[arXiv](https://arxiv.org) is one of the greatest things ever happened to mankind, I believe. We are living in a time where data is available in abundance, we just need to turn the right knobs to make it speak for itself. Being a machine learning engineer, most of my time is spent with data and models and I am quite happy with it. 

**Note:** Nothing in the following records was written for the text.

// One more pair of listed words: the numerator of its reversing is listed, where it is not yet.
ghost use Rattle.std.specs.Prelude.{◌≡◌, ◌+◌, ◌≤◌, length};
ghost use Rattle.sets.specs.Growing.{Grows, AddMeans, Pairs, PairMeans};

use crate::listed::is_listed;
use crate::room::{load_pair, reverse_pair};
use crate::words::Span;
use model::answers::{Ending, Pair, Stop};

// The most words that are listed.
pub const MOST_WORDS: usize = 256;

// Why growing the set ends early: a pair met an open pair; one word more than the most would be listed; or a reversing was stopped.
#[derive(Clone, Copy)]
pub enum SetFault {
    OpenPair(Pair),
    TooLarge,
    Stopped(Stop),
}

// So many words are listed, in so many bytes.
#[derive(Clone, Copy)]
pub struct Held {
    pub used: usize,
    pub words: usize,
}

// Lists the word of so many letters that stands behind the listed ones, where it is not listed yet. Where there is no room for its zero byte, the
// next reversing, which always comes, would be stopped.
pub fn add_word(area: &mut [u8], held: Held, count: usize) -> Result<Held, SetFault>
    requires { Grows area.old held × (held.used + count ≤ length area.old) }
    ensures length { length area.new ≡ length area.old }
    ensures added { AddMeans area.old held count area.new result }
{
    let (listing, behind) = area.split_at(held.used);
    if is_listed(listing, &behind[..count]) {
        return Ok(held);
    }
    if MOST_WORDS <= held.words {
        return Err(SetFault::TooLarge);
    }
    let end = held.used + count;
    if end == area.len() {
        return Err(SetFault::Stopped(Stop::Room));
    }
    area[end] = 0;
    Ok(Held {
        used: end + 1,
        words: held.words + 1,
    })
}

// Takes the pair u, v.
pub fn take_pair(
    cells: &[u8],
    area: &mut [u8],
    held: Held,
    u: Span,
    v: Span,
    budget: u16,
) -> Result<Held, SetFault>
    requires { Pairs cells.now area.old held u v }
    ensures length { length area.new ≡ length area.old }
    ensures taken { PairMeans cells.now area.old held u v budget area.new result }
{
    let (listing, room) = area.split_at_mut(held.used);
    if room.len() < u.letters {
        return Err(SetFault::Stopped(Stop::Room));
    }
    if room.len() - u.letters < v.letters {
        return Err(SetFault::Stopped(Stop::Room));
    }
    load_pair(listing, room, u, v);
    match reverse_pair(cells, room, u.letters, v.letters, budget) {
        Ending::Finished {
            numerator,
            denominator: _,
            steps: _,
            relations: _,
        } => add_word(area, held, numerator),
        Ending::Undefined { pair, steps: _ } => Err(SetFault::OpenPair(pair)),
        Ending::Stopped(stop) => Err(SetFault::Stopped(stop)),
    }
}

Since, arXiv is one of the inseparable parts of our lives (be it a data scientist, be it a machine learning engineer, research the list goes on). So, I always wanted to do something interesting with the data arXiv has in its store beside the life-changing papers. Earlier, the scene was - we had a problem statement, but we did not have the data. Now it has reversed. Thinking of a machine learning suitable problem statement is not trivial (offenders, please take a look [here](https://developers.google.com/machine-learning/problem-framing/)). 

I had this dataset - [ARXIV data from 24,000+ papers](https://www.kaggle.com/neelshah18/arxivdataset). This dataset contains all paper related to ML, CL, NER, AI and CV field publish between 1992 to February 2018. The dataset is in `json` format but when it is loaded as a `pandas` DataFrame, it looks something like so - 

![](https://i.ibb.co/rfb1pxH/Screen-Shot-2019-09-07-at-5-51-20-PM.png)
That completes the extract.